The Crisis in Commitment
'We are hounded with targets, harassed by diktats and prevented from giving patients the time they need.'
The crisis of caring and the crisis of costs are two sides of the same coin.
But medicine faces an even deeper crisis. With its place in society changing rapidly, medicine is losing the authority and respect it once took for granted. At the same time, today’s mechanistic view of healthcare is threatening its once unquestioned benevolent values. There is an ambivalence in medicine now that is quite new. On the one hand, we laud evidence-based medicine and pretend it has all answers, when the mere existence of long-term disease confirms it does not. We pretend doctors are still the VIPs of healthcare whose judgement is paramount, despite the evidence of every day experience – and the renegotiated consultant and GP contracts – that most are in thrall to a management who are instructed that their raison d’être is financial targets.
We claim it is a profession characterised by compassion when doctors – and nurses – at Mid-Staffordshire and elsewhere have admitted they were too intimidated, too frightened for their jobs and careers, to speak out about standards of care that would disgrace a 19th century workhouse.
Then there are the patients. Not all are nice people, grateful for doctors’ attention and skills. There are those who demand unnecessary treatments, sometimes aggressively, claiming they have 'rights'. Many look up their symptoms and diagnoses on the web and end up with information – if not understanding – that is embarrassingly new to their doctors. Others persist in lifestyles we know will end up crippling them, in the face of all and any advice. ‘Ungrateful’ is one of the milder descriptions clinicians use.
Pinched between the painful trinity of awkward patients, the mechanistic industrialised system that is healthcare today and almost daily media criticism of everything they do (and how much they are paid for doing it), health professionals are hounded with targets, harassed by diktats and prevented from giving the sick patients the time they need. It is no wonder so many doctors and nurses say they are unhappy, feel demoralised and undervalued.
Most people go into medicine and healthcare because they want to care. They want to help people who are sick and suffering.
Yet compassion and commitment are losing ground because the system – and the modern paradigm in medicine – cannot easily measure them. There are no targets for caring. There are no quantifiable biochemical actives. The tacit assumption is that once people become patients, they are nothing more than biochemical machines it is the doctor’s job to fix.
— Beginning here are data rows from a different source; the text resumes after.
impl ForkPort {
    /// The port of a machine that starts with this allot.
    pub fn new(alloc: Global, allot: u32) -> ForkPort
        ensures { result ≡ at_start allot }
    {
        let fields = ForkFields {
            first_argument: 0,
            second_argument: 0,
            result: 0,
            clone_id: 0,
            allot,
            join_select: 0,
            granted: 0,
            next_ticket: 1,
        };
        ForkPort::of_fields(alloc, fields)
    }

    /// A port with these registers, without tickets and join results.
    pub fn of_fields(alloc: Global, fields: ForkFields) -> ForkPort
        ensures { result ≡ registers_of fields }
    {
        let ForkFields {
            first_argument,
            second_argument,
            result,
            clone_id,
            allot,
            join_select,
            granted,
            next_ticket,
        } = fields;
        ForkPort {
            first_argument,
            second_argument,
            result,
            clone_id,
            allot,
            join_select,
            granted,
            next_ticket,
            tickets: TicketList::new(alloc),
            joined: Vec::new(alloc),
            opening: Snapshot::of(&allot),
        }
    }

    /// The registers.
    pub fn fields(&self) -> ForkFields
        ensures { result ≡ fields_of self.now }
    {
        ForkFields {
            first_argument: self.first_argument,
            second_argument: self.second_argument,
            result: self.result,
            clone_id: self.clone_id,
            allot: self.allot,
            join_select: self.join_select,
            granted: self.granted,
            next_ticket: self.next_ticket,
        }
    }

    /// 0 in a machine that started from a program, and else which child of its ticket the machine is.
    pub fn clone_id(&self) -> u32
        ensures { result ≡ self.now.clone_id }
    {
        self.clone_id
    }

    /// How many children a ticket is for, the share of each, and whether they were made; `None` where
    /// there is no such ticket.
    pub fn find(&self, number: u32) -> Option<(u32, u32, bool)>
        ensures { result ≡ option_map ticket_told (ticket_found self.now number) }
    {
        let ticket = self.tickets.get(number)?;
        Some((ticket.children, ticket.share, ticket.is_cloned))
    }

    /// Loads a word.
    #[tactic(auto, unfolding(crate::specs::Fork::fork_load))]
    pub fn load(&self, offset: u32, width: u32) -> Result<u32, Fault>
        ensures ok { IfOk result (λ word. fork_load self.now offset width ≡ Some word) }
        ensures fault { IsErr result ↔ (fork_load self.now offset width ≡ None) }
    {
        if width != 4 {
            return Err(Fault);
        }
        match offset {
            FORK_FIRST_ARGUMENT => Ok(self.first_argument),
            FORK_SECOND_ARGUMENT => Ok(self.second_argument),
            FORK_RESULT => Ok(self.result),
            FORK_CLONE_ID => Ok(self.clone_id),
            FORK_ALLOT => Ok(self.allot),
            _ => self.load_told(offset),
        }
    }

    // The registers that tell of tickets and joins.
    fn load_told(&self, offset: u32) -> Result<u32, Fault>
        ensures ok { IfOk result (λ word. told_load self.now offset ≡ Some word) }
        ensures fault { IsErr result ↔ (told_load self.now offset ≡ None) }
    {
        match offset {
            FORK_JOIN_SELECT => Ok(self.join_select),
            FORK_JOIN_KIND => Ok(self.join_result().map_or(0, Ending::kind)),
            FORK_JOIN_VALUE => Ok(self.join_result().map_or(0, Ending::value)),
            FORK_GRANTED => Ok(self.granted),
            FORK_JOIN_LENGTH => Ok(self.join_result().map_or(0, Ending::handed_count)),
            _ => match join_bytes_place(offset) {
                Some(at) => Ok(self.join_word(at)),
                None => Err(Fault),
            },
        }
    }

    // The word at a place of the bytes that the selected child of the last join handed over.
    fn join_word(&self, at: usize) -> u32
        requires { at + 4 ≤ MAX_HANDED }
        ensures { result ≡ join_word (join_result self.now) at }
    {
        match self.join_result() {
            Some(ending) => ending.handed_word(at),
            None => 0,
        }
    }

    // How the selected child of the last join ended, if there is one such.
    fn join_result(&self) -> Option<Ending>
        ensures { result ≡ join_result self.now }
    {
        let at = self.join_select.checked_sub(1)?;
        self.joined.get(at as usize).copied()
    }

    /// Stores a word, and does at once what a command does to the port alone.
    #[tactic(auto, unfolding(crate::specs::Fork::fork_store))]
    pub fn store(&mut self, offset: u32, width: u32, word: u32) -> Result<Effect, PortError>
        requires { offset ≡ FORK_COMMAND → word ≡ TICKET_COMMAND → self.old.next_ticket < TICKETS_END }
        ensures ok { IfOk result (λ effect. fork_store self.old offset width word ≡ Some (record { fork = self.new; effect = effect })) }
        ensures fault { IsErrOf result PortError.Fault ↔ (fork_store self.old offset width word ≡ None) }
        ensures err { OnErr result (self.new ≡ self.old) }
        ensures memory { IsErrOf result PortError.Memory → GrantsTicket self.old offset width word }
    {
        if width != 4 {
            return Err(PortError::Fault);
        }
        match self.store_reg(offset, word)? {
            Stored::Register => Ok(Effect::Done),
            Stored::Command(command) => Ok(self.command(command)?.effect()),
        }
    }

    /// Stores a word to a register. A command is answered, and not done.
    pub fn store_reg(&mut self, offset: u32, word: u32) -> Result<Stored, Fault>
        ensures ok { IfOk result (λ stored. register_store self.old offset word ≡ Some (record { fork = self.new; stored = stored })) }
        ensures fault { IsErr result ↔ (register_store self.old offset word ≡ None) }
        ensures err { OnErr result (self.new ≡ self.old) }
    {
        match offset {
            FORK_FIRST_ARGUMENT => self.first_argument = word,
            FORK_SECOND_ARGUMENT => self.second_argument = word,
            FORK_JOIN_SELECT => self.join_select = word,
            FORK_COMMAND => return Ok(Stored::Command(word)),
            _ => return Err(Fault),
        }
        Ok(Stored::Register)
    }

    /// What a command asks for.
    #[tactic(auto, unfolding(crate::specs::Commands::fork_command))]
    pub fn asked(&self, command: u32) -> Asked
        ensures value { result ≡ fork_command self.now command }
        // what answers it has its conditions met
        ensures answerable { IsAnswerable self.now command result }
    {
        let number = self.first_argument;
        match command {
            TICKET_COMMAND => Asked::NewTicket,
            CLONE_COMMAND => clone_asked(number, self.tickets.get(number)),
            JOIN_COMMAND => join_asked(number, self.tickets.get(number)),
            KILL_COMMAND => kill_asked(number, self.tickets.get(number)),
            EXIT_COMMAND => Asked::Exit(number),
            ZERO_COMMAND => Asked::Zero(number, self.second_argument),
            _ => other_asked(command, number, self.second_argument),
        }
    }

    /// Does what a command does at once, and answers what it asks for. Calls, EXIT, with bytes or
    /// without, and ZERO are left to the machine.
    pub fn command(&mut self, command: u32) -> Result<Asked, AllocError>
        requires { command ≡ TICKET_COMMAND → self.old.next_ticket < TICKETS_END }
        ensures asked { IfOk result (λ asked. asked ≡ fork_command self.old command) }
        ensures ok { OnOk result (self.new ≡ answered (fork_command self.old command) self.old) }
        ensures err { OnErr result (self.new ≡ self.old) }
        ensures holding_stays { holding self.new ≡ holding self.old }
        // Memory is wanted where a ticket is granted.
        ensures memory { OnErr result ((command ≡ TICKET_COMMAND) × (0 < children_granted self.old)) }
    {
        let asked = self.asked(command);
        match asked {
            Asked::Refused(word) => self.refuse(word),
            Asked::NewTicket => self.ticket()?,
            Asked::Discard(number) => self.killed(number),
            _ => {}
        }
        Ok(asked)
    }

    /// Sets RESULT.
    pub fn refuse(&mut self, word: u32)
        ensures { self.new ≡ refused self.old word }
    {
        self.result = word;
    }

    /// Does TICKET.
    #[tactic(auto, unfolding(crate::specs::Children::after_ticket))]
    pub fn ticket(&mut self) -> Result<(), AllocError>
        requires { self.old.next_ticket < TICKETS_END }
        ensures ok { OnOk result (self.new ≡ after_ticket self.old) }
        ensures err { OnErr result (self.new ≡ self.old) }
        ensures holding_stays { holding self.new ≡ holding self.old }
        // Memory is wanted where a ticket is granted.
        ensures memory { OnErr result (0 < children_granted self.old) }
    {
        if self.first_argument == 0 {
            self.result = BAD_ARGUMENT;
            return Ok(());
        }
        let children = self.children_granted();
        if children == 0 {
            self.result = NOTHING_GRANTED;
            return Ok(());
        }
        self.grant(children)
    }

    // How many children TICKET is granted.
    fn children_granted(&self) -> u32
        ensures { result ≡ children_granted self.now }
    {
        let each = 1 + u64::from(self.second_argument);
        let affordable = u64::from(self.allot) / each;
        self.first_argument.min(affordable as u32)
    }

    // Grants a ticket for so many children.
    fn grant(&mut self, children: u32) -> Result<(), AllocError>
        requires some { 0 < children }
        requires affordable { children * (1 + self.old.second_argument) ≤ self.old.allot }
        requires room { self.old.next_ticket < TICKETS_END }
        ensures ok { OnOk result (self.new ≡ with_ticket self.old children) }
        ensures err { OnErr result (self.new ≡ self.old) }
    {
        let ticket = Ticket {
            number: self.next_ticket,
            children,
            share: self.second_argument,
            is_cloned: false,
        };
        self.tickets.push(ticket)?;
        self.allot -= ticket.cost() as u32;
        self.result = ticket.number;
        self.granted = children;
        self.next_ticket += 1;
        Ok(())
    }

    /// Does CLONE in the parent: the ticket's children are made.
    pub fn cloned(&mut self, number: u32)
        requires { HasTicket self.old number false }
        ensures ok { self.new ≡ after_clone self.old number }
        ensures holding_stays { holding self.new ≡ holding self.old }
    {
        self.tickets.mark_cloned(number);
        self.result = 0;
    }

    /// Does JOIN: the ticket's children have ended so, in order.
    #[tactic(auto, unfolding(crate::specs::Children::after_join))]
    pub fn joined(&mut self, number: u32, endings: &[Ending]) -> Result<(), AllocError>
        requires there { HasTicket self.old number true }
        requires all { IsSomeAnd (ticket_found self.old number) (λ ticket. length endings.now ≡ ticket.children) }
        ensures ok { OnOk result (self.new ≡ after_join self.old number endings.now) }
        ensures err { OnErr result (self.new ≡ self.old) }
        ensures holding_stays { holding self.new ≡ holding self.old }
    {
        let joined = Vec::from_slice(*self.joined.allocator(), endings)?;
        let ticket = self.give_back(number);
        self.result = ticket.children;
        self.joined = joined;
        Ok(())
    }

    /// Does KILL: the ticket's children are dropped, if it has any.
    #[tactic(auto, unfolding(crate::specs::Children::after_kill))]
    pub fn killed(&mut self, number: u32)
        requires { IsSome (ticket_found self.old number) }
        ensures ok { self.new ≡ after_kill self.old number }
        ensures holding_stays { holding self.new ≡ holding self.old }
    {
        let ticket = self.give_back(number);
        self.result = ticket.children_made();
    }

    // Takes a ticket out, and its cost back.
    fn give_back(&mut self, number: u32) -> Ticket
        requires { IsSome (ticket_found self.old number) }
        ensures found { ticket_found self.old number ≡ Some result }
        ensures back { self.new ≡ given_back self.old number result }
        ensures holding_stays { holding self.new ≡ holding self.old }
    {
        let ticket = self.tickets.remove(number);
        self.allot += ticket.cost() as u32;
        ticket
    }

    /// The port that child k of a ticket with this share starts with.
    pub fn child(&self, k: u32, share: u32) -> ForkPort
        ensures ok { result ≡ child_registers self.now k share }
        ensures holding_is_share { holding result ≡ share }
    {
        let fields = ForkFields {
            first_argument: self.first_argument,
            second_argument: self.second_argument,
            result: k,
            clone_id: k,
            allot: share,
            join_select: self.join_select,
            granted: self.granted,
            next_ticket: 1,
        };
        ForkPort::of_fields(*self.joined.allocator(), fields)
    }
}
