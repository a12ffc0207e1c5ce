//! A page that is wanted, from the replies that were heard.

ghost use Rattle.std.specs.Prelude.{◌≡◌, true, false, is_some, IfOk, OnErr};
ghost use Rattle.std.specs.Option.{ForSome};
ghost use Rattle.image_depot.specs.Key.{IsKeyOf};
ghost use Rattle.image_depot.specs.Receiver.{IsHere};
ghost use Rattle.host_fetch.specs.Fetch.{Grows};
ghost use Rattle.host_fetch.specs.Heard.{AreHeardOf, found_for};

use crate::heard::Heard;
use image_depot::{Depot, Receiver};
use std::alloc::{AllocError, Global};

/// Gives a receiver the page that it wants, where a reply with it was heard, and tells whether it did.
pub fn offer<T: Receiver>(
    alloc: Global,
    receiver: &mut T,
    depot: &Depot,
    heard: &Heard,
) -> Result<bool, AllocError>
    requires of_depot { ForSome (T.key receiver.old) (IsKeyOf depot.now) }
    requires heard { AreHeardOf depot.now heard.now }
    ensures value { IfOk result (λ is_here. is_here ≡ is_some (found_for (T.wanted receiver.old) (T.key receiver.old) heard.now)) }
    ensures here { IfOk result (λ is_here. is_here ≡ true → ForSome (T.wanted receiver.old) (IsHere (T.here receiver.new))) }
    ensures not { IfOk result (λ is_here. is_here ≡ false → receiver.new ≡ receiver.old) }
    ensures err { OnErr result (receiver.new ≡ receiver.old) }
    ensures key { T.key receiver.new ≡ T.key receiver.old }
    ensures rest { T.rest receiver.new ≡ T.rest receiver.old }
    ensures grows { Grows (T.here receiver.old) (T.here receiver.new) }
{
    let Some(page) = receiver.wanted() else {
        return Ok(false);
    };
    let Some(key) = receiver.key() else {
        return Ok(false);
    };
    let Some(sent) = heard.reply(key.number(), page) else {
        return Ok(false);
    };
    let _ = receiver.arrive(alloc, depot, depot.sent(sent))?;
    Ok(true)
}
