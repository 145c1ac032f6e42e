//! Laws of the definitions: each is the contract of a function that does nothing, and a lemma of the
//! same name in proofs/Public proves it.
ghost use Rattle.trees.specs.Prelude.{CertificatesHold, FoundIsLean, FoundIsSearched, FoundProves, LeanTreesFit, LeastHolds, LeastIsShown, PlansFoundHold, ProvedExcludes, ProvedLeaves, StayingProves};

/// A tree that proves sets, and leaves nothing, leaves no valid plan in them that costs less than
/// the one handed in, and none at all where no plan is handed in.
#[tactic(auto, using(crate::proofs::Public::proved_excludes))]
pub fn proved_excludes()
    ensures { ProvedExcludes }
{}

/// A valid plan of sets that a tree proves costs no less than the one handed in, or is in sets that
/// the tree leaves.
#[tactic(auto, using(crate::proofs::Public::proved_leaves))]
pub fn proved_leaves()
    ensures { ProvedLeaves }
{}

/// So no valid plan costs less than the least that the tree shows.
#[tactic(auto, using(crate::proofs::Public::least_holds))]
pub fn least_holds()
    ensures { LeastHolds }
{}

/// A tree shows a least exactly where it leaves sets.
#[tactic(auto, using(crate::proofs::Public::least_is_shown))]
pub fn least_is_shown()
    ensures { LeastIsShown }
{}

/// What the goal of a certificate says is so: the plan is optimal and costs so much, no plan is
/// valid, or no valid plan costs less than the least that is shown.
#[tactic(auto, using(crate::proofs::Public::certificates_hold))]
pub fn certificates_hold()
    ensures { CertificatesHold }
{}

/// A plan of a plan leaf is a valid plan of the instance, and costs no less than the one handed in.
#[tactic(auto, using(crate::proofs::Public::plans_found_hold))]
pub fn plans_found_hold()
    ensures { PlansFoundHold }
{}

/// A lean tree has no decision, or fewer than the sets that it proves hold plans; and at least two
/// fewer where it leaves some.
#[tactic(auto, using(crate::proofs::Public::lean_trees_fit))]
pub fn lean_trees_fit()
    ensures { LeanTreesFit }
{}

/// What a search found proves the sets, where the plan that it keeps costs no more than any that it
/// named.
#[tactic(auto, using(crate::proofs::Public::found_proves))]
pub fn found_proves()
    ensures { FoundProves }
{}

/// What a search found is lean.
#[tactic(auto, using(crate::proofs::Public::found_is_lean))]
pub fn found_is_lean()
    ensures { FoundIsLean }
{}

/// What a search found is searched at each step.
#[tactic(auto, using(crate::proofs::Public::found_is_searched))]
pub fn found_is_searched()
    ensures { FoundIsSearched }
{}

/// Where a plan that costs nothing is handed in, the bound alone proves any sets.
#[tactic(auto, using(crate::proofs::Public::staying_proves))]
pub fn staying_proves()
    ensures { StayingProves }
{}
Of course clinicians lose their sense of commitment when compassion and caring are devalued and meaningless. No amount of high tech medicine, no matter how brilliant, is going to cure this. Nor is abolishing primary care trusts. Whatever failures might be laid at their door – and there aren’t as many as some think – they were symptoms of a broken system, not its cause.
People - both patients and professionals – are much more than biochemical systems, so we need medical science to fully embrace the psychological, the social and the ecological as well as the biological. And we need an NHS based on compassionate professionalism and engaged service users. An NHS that creates health with its patients, not in spite of them, and encourages informed choice and decisions. That will re-ignite the commitment and vocation we are in danger of losing.
There is one bright spot on the horizon. The government has recognised the crisis in healthcare. The White Paper, 'Equity and excellence: liberating the NHS' talks about devolving power from Whitehall to patients and health professionals.
It promises that the NHS will live up to the principle of 'nothing about me without me'. It pledges that improving the quality of care will be the main purpose of the NHS. That professionals will focus on improving health outcomes, while patients will have better information, choice and control.
That services will be designed around patients, rather that patients having to fit into whatever is convenient for hospitals, surgeries and community services. If this vision becomes reality, then the crisis in medicine can be solved.
The College of Medicine will do everything in its power to help that happen.